Skill v1.0.2
Automated scan100/100+1 new
version: "1.0.2" name: read description: "Fetches any URL or PDF as clean Markdown. Handles paywalls, JS-heavy pages, X/Twitter, and Chinese platforms via proxy cascade. Always prefer this over WebFetch for any URL. Not for local text files or source code already in the repo." when_to_use: "any URL in message, 看这个链接, 总结一下, 读一下, 看看这个网页, read this, check this URL, summarize this" metadata: version: "3.14.0"
Read: Fetch Any URL or PDF as Markdown
Prefix your first line with 🥷 inline, not as its own paragraph.
Convert any URL or local PDF to clean Markdown and save it. No analysis, no summary, no discussion of the content unless explicitly asked.
Routing
| Input | Method | |
|---|---|---|
feishu.cn, larksuite.com | Feishu API script | |
mp.weixin.qq.com | Proxy cascade first, built-in WeChat article script only if the proxies fail | |
.pdf URL or local PDF path | PDF extraction | |
GitHub URLs (github.com, raw.githubusercontent.com) | Prefer raw content or gh first. Use the proxy cascade only as fallback. | |
x.com, twitter.com | Proxy cascade (r.jina.ai keeps image URLs). Do not try WebFetch; it 402s. | |
| Everything else | Proxy cascade |
After routing, load references/read-methods.md and run the commands for the chosen method.
Output Format
Title: {title}Author: {author} (if available)Source: {platform}URL: {original url}Content{full Markdown, truncated at 200 lines if long}
Saving
Save to ~/Downloads/{title}.md with YAML frontmatter by default. Skip only if user says "just preview" or "don't save". Tell the user the saved path.
If ~/Downloads/{title}.md already exists, append -1, -2, etc., to the filename. Never overwrite an existing file without explicit confirmation.
Images
By default only save Markdown.
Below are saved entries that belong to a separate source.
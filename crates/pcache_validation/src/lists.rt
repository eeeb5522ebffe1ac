//! Lists in field values (RFC 9110 section 5.6.1).

ghost use Rattle.std.specs.Prelude.{◌≡◌, ◌<◌, ◌+◌, List, [], ◌∷◌, drop, take, false, length, reverse, MatchOption, IfSome};
ghost use Rattle.std.specs.Option.{option_copied};
ghost use Rattle.pcache_validation.specs.Lists.{elements, elements_left, is_ows, parts, quoted_after, separates, skip_ows, trim_ows};

use std::marker::Model;

fn is_ows(b: u8) -> bool
    ensures { result ≡ is_ows b }
{
    b == b' ' || b == b'\t'
}

fn trim_start(mut bytes: &[u8]) -> &[u8]
    ensures { result.now ≡ skip_ows bytes.now }
{
    'front: while let [first, rest @ ..] = bytes
        && is_ows(*first)
    {
        bytes = rest;
    }
    bytes
}

fn trim_end(mut bytes: &[u8]) -> &[u8]
    ensures { result.now ≡ reverse (skip_ows (reverse bytes.now)) }
{
    'back: while let [rest @ .., last] = bytes
        && is_ows(*last)
    {
        bytes = rest;
    }
    bytes
}

/// A field value without the white space before and after it (RFC 9110 section 5.5).
#[tactic(auto, unfolding(crate::specs::Lists::trim_ows))]
pub fn trim_ows(bytes: &[u8]) -> &[u8]
    ensures { result.now ≡ trim_ows bytes.now }
{
    trim_end(trim_start(bytes))
}

// Whether a byte separates two elements: it is a comma that is in no quotes.
fn separates(quoted: bool, b: u8) -> bool
    ensures { result ≡ separates quoted b }
{
    b == b',' && !quoted
}

// Whether what follows a byte is in quotes.
fn quoted_after(quoted: bool, b: u8) -> bool
    ensures { result ≡ quoted_after quoted b }
{
    if b == b'"' { !quoted } else { quoted }
}

// The index of the first comma that is in no quotes.
fn separator(bytes: &[u8]) -> Option<usize>
    ensures parts { MatchOption result (parts false bytes.now ≡ bytes.now ∷ [])
        (λ at. parts false bytes.now ≡ take at bytes.now ∷ parts false (drop (at + 1) bytes.now)) }
    ensures within { IfSome result (λ at. at < length bytes.now) }
{
    let mut quoted = false;
    for (at, b) in bytes.iter().enumerate() {
        if separates(quoted, *b) {
            return Some(at);
        }
        quoted = quoted_after(quoted, *b);
    }
    None
}

// The first element, with the white space around it, and what follows its comma.
fn split_element(bytes: &[u8]) -> (&[u8], Option<&[u8]>)
    ensures { elements bytes.now
        ≡ trim_ows result.0.now ∷ elements_left (option_copied result.1) }
{
    match separator(bytes) {
        Some(at) => (&bytes[..at], Some(&bytes[at + 1..])),
        None => (bytes, None),
    }
}

/// The elements of a list: the bytes between its commas, without the white space around them. A
/// comma in the quotes of an entity tag separates nothing, and an empty element counts too. A
/// contract sees the remaining elements.
#[derive(Drop)]
pub struct Elements<'a> {
    rest: Option<&'a [u8]>,
}

impl<'a> Model for Elements<'a> {
    ghost use Rattle.std.specs.Prelude.{ℕ, List};
    ghost use Rattle.std.specs.Option.{option_copied};
    ghost use Rattle.pcache_validation.specs.Lists.{elements_left};

    ghost Value = { List (List ℕ) };

    ghost view = { λ it. elements_left (option_copied it.rest) };
}

impl<'a> Elements<'a> {
    /// The elements of a field value.
    pub fn of(value: &'a [u8]) -> Elements<'a>
        ensures { result ≡ elements value.now }
    {
        Elements { rest: Some(value) }
    }
}

impl<'a> Iterator for Elements<'a> {
    ghost use Rattle.std.specs.Iterator.{YieldsFirstRef, item_count};

    type Item = &'a [u8];

    ghost next_gives = { YieldsFirstRef (λ it. it) };

    ghost remaining = { item_count (λ it. it) };

    fn next(&mut self) -> Option<&'a [u8]> {
        let bytes = self.rest?;
        let (element, rest) = split_element(bytes);
        self.rest = rest;
        Some(trim_ows(element))
    }
}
Download images only when the user explicitly asks: "download images", "save images", "带图", "下载图片", or similar.
When asked, after saving the Markdown:
- Extract image URLs:
grep -oE 'https?://[^ )"]+\.(jpg|jpeg|png|webp|gif)' {md_path} | sort -u - Create
~/Downloads/{title}-images/and curl each URL in parallel (&+wait). Use the same proxy env vars as the fetch step. - Report the count and folder path. If any download fails, list the failed URLs.
Hard Rules
- Do not summarize or analyze the content. Your job is conversion and storage, not interpretation.
- Never overwrite without confirmation. If the target filename already exists, use an auto-incremented suffix.
- Stop after the save report. Do not suggest follow-up actions ("Would you like me to summarize?", "Next, you could...") unless the user asks.
Gotchas
| What happened | Rule | |
|---|---|---|
| Fetched a paywalled article and returned a login page as Markdown | Inspect the first 10 lines for paywall signals ("Subscribe", "Sign in", "Continue reading"). If found, stop and warn the user. Do not save the login page. | |
| r.jina.ai or defuddle.md returned empty for a JS-heavy site | Try the local fallback (agent-fetch or defuddle parse) before giving up. | |
| Network failures | Prepend local proxy env vars if available and retry once. | |
| Long content | Preview with head -n 200 first; mention truncation when reporting the save. | |
| Local fallback tools returned JSON | Extract the Markdown-bearing field. Raw JSON is not a valid final output for /read. | |
| All methods failed | Stop and tell the user what was tried and what failed. Suggest opening the URL in a browser or providing an alternative. Do not silently return empty or partial results. |
Content Extraction for Restyling
Activate when: "extract content", "reformat this document", or user hands over a document to restyle
Extract and tag:
- Headings: H1/H2/H3 hierarchy
- Body paragraphs: Plain text, no styling
- Lists: Bullet vs numbered, nesting level
- Metrics/data: Numbers, dates, quantifiable claims
- Images/diagrams: Descriptions, captions
Output: Clean, tagged content ready to feed into kami or other typesetting tools.